- [Problem description]: Present an exact copy of each line below.

(Records from a dataset)
**********
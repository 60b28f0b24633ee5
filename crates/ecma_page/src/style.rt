//! How a page looks. Made by `scripts/frame write` from `web/page.css`.

/// The style.
pub(crate) const STYLE: &str = r#":root {
    color-scheme: light dark;
    --ground: light-dark(#ffffff, #16181d);
    --panel: light-dark(#f4f5f7, #1f2229);
    --ink: light-dark(#1d2129, #dfe3ea);
    --faint: light-dark(#565e6a, #b4bcc8);
    --line: light-dark(#d5d9df, #363b45);
    --edge: light-dark(#767e8a, #8a93a1);
    --lit: light-dark(#ffe9a8, #4d3f14);
    --cursor: light-dark(#d6e7ff, #1f3a60);
    --kind: light-dark(#6f3fb3, #cdb0ff);
    --field: light-dark(#0a6346, #86dab8);
    --wrong: light-dark(#b51a17, #ff9a93);
    --noted: light-dark(#1a5bbd, #8fc0ff);
}
:root[data-theme=light] { color-scheme: light; }
:root[data-theme=dark] { color-scheme: dark; }
* { box-sizing: border-box; }
html, body { height: 100%; margin: 0; }
body { display: flex; flex-direction: column; background: var(--ground); color: var(--ink); font: 14px/20px system-ui, sans-serif; }
[hidden] { display: none !important; }
header { display: flex; flex-wrap: wrap; gap: 4px 16px; align-items: baseline; padding: 8px 12px; background: var(--panel); border-bottom: 1px solid var(--line); }
h1 { margin: 0; font-size: 16px; overflow-wrap: anywhere; }
summary { cursor: pointer; }
select, input, button { font: inherit; color: var(--ink); background: var(--ground); border: 1px solid var(--edge); border-radius: 3px; }
button { cursor: pointer; }
input::placeholder { color: var(--faint); opacity: 1; }
:focus-visible { outline: 2px solid var(--noted); outline-offset: 1px; }
header details { position: relative; }
header details > :not(summary) { position: absolute; z-index: 2; left: 0; width: max-content; max-width: 90vw; margin: 0; padding: 8px 12px; background: var(--panel); border: 1px solid var(--line); }
header details label { display: block; }
dl { display: grid; grid-template-columns: auto 1fr; gap: 2px 12px; }
dt { font-weight: 600; }
dd { margin: 0; }
#state { margin-left: auto; color: var(--faint); }
#limit { width: 5em; }
#told { flex: none; max-height: min(30vh, 182px); overflow: auto; border-bottom: 1px solid var(--line); }
#list { margin: 0; padding: 0; list-style: none; font: 13px/20px ui-monospace, monospace; }
#list:focus-visible, #nodes:focus-visible, .source:focus-visible, textarea:focus-visible { outline: 2px solid var(--noted); outline-offset: -2px; }
#list li { padding: 0 12px 0 24px; text-indent: -12px; overflow-wrap: anywhere; cursor: pointer; }
#list li:hover { background: var(--lit); }
#list li[aria-selected=true] { background: var(--cursor); }
#list .note { display: block; padding-left: 24px; color: var(--noted); }
#further, #untold { margin: 2px 12px; }
#untold { color: var(--faint); }
main { flex: 1; min-height: 0; display: grid; grid-template-columns: minmax(0, 3fr) minmax(0, 2fr); grid-template-rows: minmax(0, 1fr); }
#editor { display: flex; min-width: 0; min-height: 0; font: 13px/20px ui-monospace, monospace; }
#margin { flex: none; overflow: hidden; padding: 0 8px 0 12px; text-align: right; color: var(--faint); background: var(--panel); }
#margin > div, #layer > div { min-height: 20px; }
#sheet { position: relative; flex: 1; min-width: 0; overflow: hidden; }
#layer { position: absolute; top: 0; left: 0; min-width: 100%; }
#layer > div { height: 20px; }
#layer, textarea { padding: 0 12px; border: 0; font: inherit; letter-spacing: 0; tab-size: 4; white-space: pre; }
#layer { color: transparent; pointer-events: none; }
textarea { position: absolute; inset: 0; width: 100%; height: 100%; margin: 0; resize: none; background: none; color: var(--ink); border-radius: 0; overflow: auto; }
textarea::selection { background: var(--cursor); color: var(--ink); }
.source { position: relative; overflow: auto; min-width: 0; min-height: 0; font: 13px/20px ui-monospace, monospace; tab-size: 4; }
.source .row { cursor: text; }
.source .row::before { content: attr(data-line); position: sticky; left: 0; display: inline-block; box-sizing: border-box; width: calc(var(--digits) * 1ch + 20px); height: 20px; margin-right: 12px; padding: 0 8px 0 12px; text-align: right; vertical-align: top; color: var(--faint); background: var(--panel); }
.caret { background: var(--cursor); }
.source:focus .caret { box-shadow: inset 2px 0 0 var(--noted); }
.tail::after { content: '\00a0'; }
.hidden { unicode-bidi: isolate; }
.hidden::after { content: attr(data-code); padding: 0 2px; border: 1px solid var(--wrong); border-radius: 3px; color: var(--wrong); font-size: 10px; }
.wrong { text-decoration: underline wavy var(--wrong) 1px; text-underline-offset: 3px; text-decoration-skip-ink: none; }
.noted { text-decoration: underline dotted var(--noted) 2px; text-underline-offset: 3px; text-decoration-skip-ink: none; }
.lit { background: var(--lit); }
#side { display: flex; flex-direction: column; min-width: 0; min-height: 0; border-left: 1px solid var(--line); }
#tools { flex: none; display: flex; flex-wrap: wrap; gap: 4px 8px; align-items: center; padding: 4px 12px; border-bottom: 1px solid var(--line); }
#search { flex: 1 1 9em; min-width: 0; padding: 0 6px; }
#hits { color: var(--faint); }
#none { margin: 0; padding: 8px 12px; color: var(--faint); }
#nodes { position: relative; flex: 1; min-height: 0; overflow: auto; font: 13px/20px ui-monospace, monospace; }
.space { position: relative; }
.shown { position: absolute; top: 0; left: 0; width: max-content; min-width: 100%; }
.row { height: 20px; padding-right: 12px; white-space: pre; unicode-bidi: isolate; cursor: pointer; }
.row.cursor { background: var(--cursor); }
.row.lit { background: var(--lit); }
#nodes:focus .row.cursor { box-shadow: inset 0 0 0 1px var(--noted); }
.twist { display: inline-block; width: 2ch; color: var(--faint); }
.key, .place { color: var(--faint); }
.kind { color: var(--kind); }
.kind:hover, .called:hover { text-decoration: underline; }
.field { color: var(--field); unicode-bidi: isolate; }
.called { unicode-bidi: isolate; }
.rest { color: var(--noted); }
.severity { color: var(--wrong); }
footer { flex: none; min-height: 29px; padding: 4px 12px; background: var(--panel); border-top: 1px solid var(--line); color: var(--faint); white-space: nowrap; overflow: hidden; text-overflow: ellipsis; }
@media (max-width: 700px) {
    main { grid-template-columns: minmax(0, 1fr); grid-template-rows: minmax(0, 3fr) minmax(0, 2fr); }
    header { gap: 4px 12px; padding: 4px 8px; }
    #side { border-left: 0; border-top: 1px solid var(--line); }
    #told { max-height: 25vh; }
}
"#;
**********
- [Worked solution]:
repository 60b28f0b24633ee5
filename crates/ecma_page/src/style.rt
//! How a page looks. Made by `scripts/frame write` from `web/page.css`.

/// The style.
pub(crate) const STYLE: &str = r#":root {
    color-scheme: light dark;
    --ground: light-dark(#ffffff, #16181d);
    --panel: light-dark(#f4f5f7, #1f2229);
    --ink: light-dark(#1d2129, #dfe3ea);
    --faint: light-dark(#565e6a, #b4bcc8);
    --line: light-dark(#d5d9df, #363b45);
    --edge: light-dark(#767e8a, #8a93a1);
    --lit: light-dark(#ffe9a8, #4d3f14);
    --cursor: light-dark(#d6e7ff, #1f3a60);
    --kind: light-dark(#6f3fb3, #cdb0ff);
    --field: light-dark(#0a6346, #86dab8);
    --wrong: light-dark(#b51a17, #ff9a93);
    --noted: light-dark(#1a5bbd, #8fc0ff);
}
:root[data-theme=light] { color-scheme: light; }
:root[data-theme=dark] { color-scheme: dark; }
* { box-sizing: border-box; }
html, body { height: 100%; margin: 0; }
body { display: flex; flex-direction: column; background: var(--ground); color: var(--ink); font: 14px/20px system-ui, sans-serif; }
[hidden] { display: none !important; }
header { display: flex; flex-wrap: wrap; gap: 4px 16px; align-items: baseline; padding: 8px 12px; background: var(--panel); border-bottom: 1px solid var(--line); }
h1 { margin: 0; font-size: 16px; overflow-wrap: anywhere; }
summary { cursor: pointer; }
select, input, button { font: inherit; color: var(--ink); background: var(--ground); border: 1px solid var(--edge); border-radius: 3px; }
button { cursor: pointer; }
input::placeholder { color: var(--faint); opacity: 1; }
:focus-visible { outline: 2px solid var(--noted); outline-offset: 1px; }
header details { position: relative; }
header details > :not(summary) { position: absolute; z-index: 2; left: 0; width: max-content; max-width: 90vw; margin: 0; padding: 8px 12px; background: var(--panel); border: 1px solid var(--line); }
header details label { display: block; }
dl { display: grid; grid-template-columns: auto 1fr; gap: 2px 12px; }
dt { font-weight: 600; }
dd { margin: 0; }
#state { margin-left: auto; color: var(--faint); }
#limit { width: 5em; }
#told { flex: none; max-height: min(30vh, 182px); overflow: auto; border-bottom: 1px solid var(--line); }
#list { margin: 0; padding: 0; list-style: none; font: 13px/20px ui-monospace, monospace; }
#list:focus-visible, #nodes:focus-visible, .source:focus-visible, textarea:focus-visible { outline: 2px solid var(--noted); outline-offset: -2px; }
#list li { padding: 0 12px 0 24px; text-indent: -12px; overflow-wrap: anywhere; cursor: pointer; }
#list li:hover { background: var(--lit); }
#list li[aria-selected=true] { background: var(--cursor); }
#list .note { display: block; padding-left: 24px; color: var(--noted); }
#further, #untold { margin: 2px 12px; }
#untold { color: var(--faint); }
main { flex: 1; min-height: 0; display: grid; grid-template-columns: minmax(0, 3fr) minmax(0, 2fr); grid-template-rows: minmax(0, 1fr); }
#editor { display: flex; min-width: 0; min-height: 0; font: 13px/20px ui-monospace, monospace; }
#margin { flex: none; overflow: hidden; padding: 0 8px 0 12px; text-align: right; color: var(--faint); background: var(--panel); }
#margin > div, #layer > div { min-height: 20px; }
#sheet { position: relative; flex: 1; min-width: 0; overflow: hidden; }
#layer { position: absolute; top: 0; left: 0; min-width: 100%; }
#layer > div { height: 20px; }
#layer, textarea { padding: 0 12px; border: 0; font: inherit; letter-spacing: 0; tab-size: 4; white-space: pre; }
#layer { color: transparent; pointer-events: none; }
textarea { position: absolute; inset: 0; width: 100%; height: 100%; margin: 0; resize: none; background: none; color: var(--ink); border-radius: 0; overflow: auto; }
textarea::selection { background: var(--cursor); color: var(--ink); }
.source { position: relative; overflow: auto; min-width: 0; min-height: 0; font: 13px/20px ui-monospace, monospace; tab-size: 4; }
.source .row { cursor: text; }
.source .row::before { content: attr(data-line); position: sticky; left: 0; display: inline-block; box-sizing: border-box; width: calc(var(--digits) * 1ch + 20px); height: 20px; margin-right: 12px; padding: 0 8px 0 12px; text-align: right; vertical-align: top; color: var(--faint); background: var(--panel); }
.caret { background: var(--cursor); }
.source:focus .caret { box-shadow: inset 2px 0 0 var(--noted); }
.tail::after { content: '\00a0'; }
.hidden { unicode-bidi: isolate; }
.hidden::after { content: attr(data-code); padding: 0 2px; border: 1px solid var(--wrong); border-radius: 3px; color: var(--wrong); font-size: 10px; }
.wrong { text-decoration: underline wavy var(--wrong) 1px; text-underline-offset: 3px; text-decoration-skip-ink: none; }
.noted { text-decoration: underline dotted var(--noted) 2px; text-underline-offset: 3px; text-decoration-skip-ink: none; }
.lit { background: var(--lit); }
#side { display: flex; flex-direction: column; min-width: 0; min-height: 0; border-left: 1px solid var(--line); }
#tools { flex: none; display: flex; flex-wrap: wrap; gap: 4px 8px; align-items: center; padding: 4px 12px; border-bottom: 1px solid var(--line); }
#search { flex: 1 1 9em; min-width: 0; padding: 0 6px; }
#hits { color: var(--faint); }
#none { margin: 0; padding: 8px 12px; color: var(--faint); }
#nodes { position: relative; flex: 1; min-height: 0; overflow: auto; font: 13px/20px ui-monospace, monospace; }
.space { position: relative; }
.shown { position: absolute; top: 0; left: 0; width: max-content; min-width: 100%; }
.row { height: 20px; padding-right: 12px; white-space: pre; unicode-bidi: isolate; cursor: pointer; }
.row.cursor { background: var(--cursor); }
.row.lit { background: var(--lit); }
#nodes:focus .row.cursor { box-shadow: inset 0 0 0 1px var(--noted); }
.twist { display: inline-block; width: 2ch; color: var(--faint); }
.key, .place { color: var(--faint); }
.kind { color: var(--kind); }
.kind:hover, .called:hover { text-decoration: underline; }
.field { color: var(--field); unicode-bidi: isolate; }
.called { unicode-bidi: isolate; }
.rest { color: var(--noted); }
.severity { color: var(--wrong); }
footer { flex: none; min-height: 29px; padding: 4px 12px; background: var(--panel); border-top: 1px solid var(--line); color: var(--faint); white-space: nowrap; overflow: hidden; text-overflow: ellipsis; }
@media (max-width: 700px) {
    main { grid-template-columns: minmax(0, 1fr); grid-template-rows: minmax(0, 3fr) minmax(0, 2fr); }
    header { gap: 4px 12px; padding: 4px 8px; }
    #side { border-left: 0; border-top: 1px solid var(--line); }
    #told { max-height: 25vh; }
}
"#;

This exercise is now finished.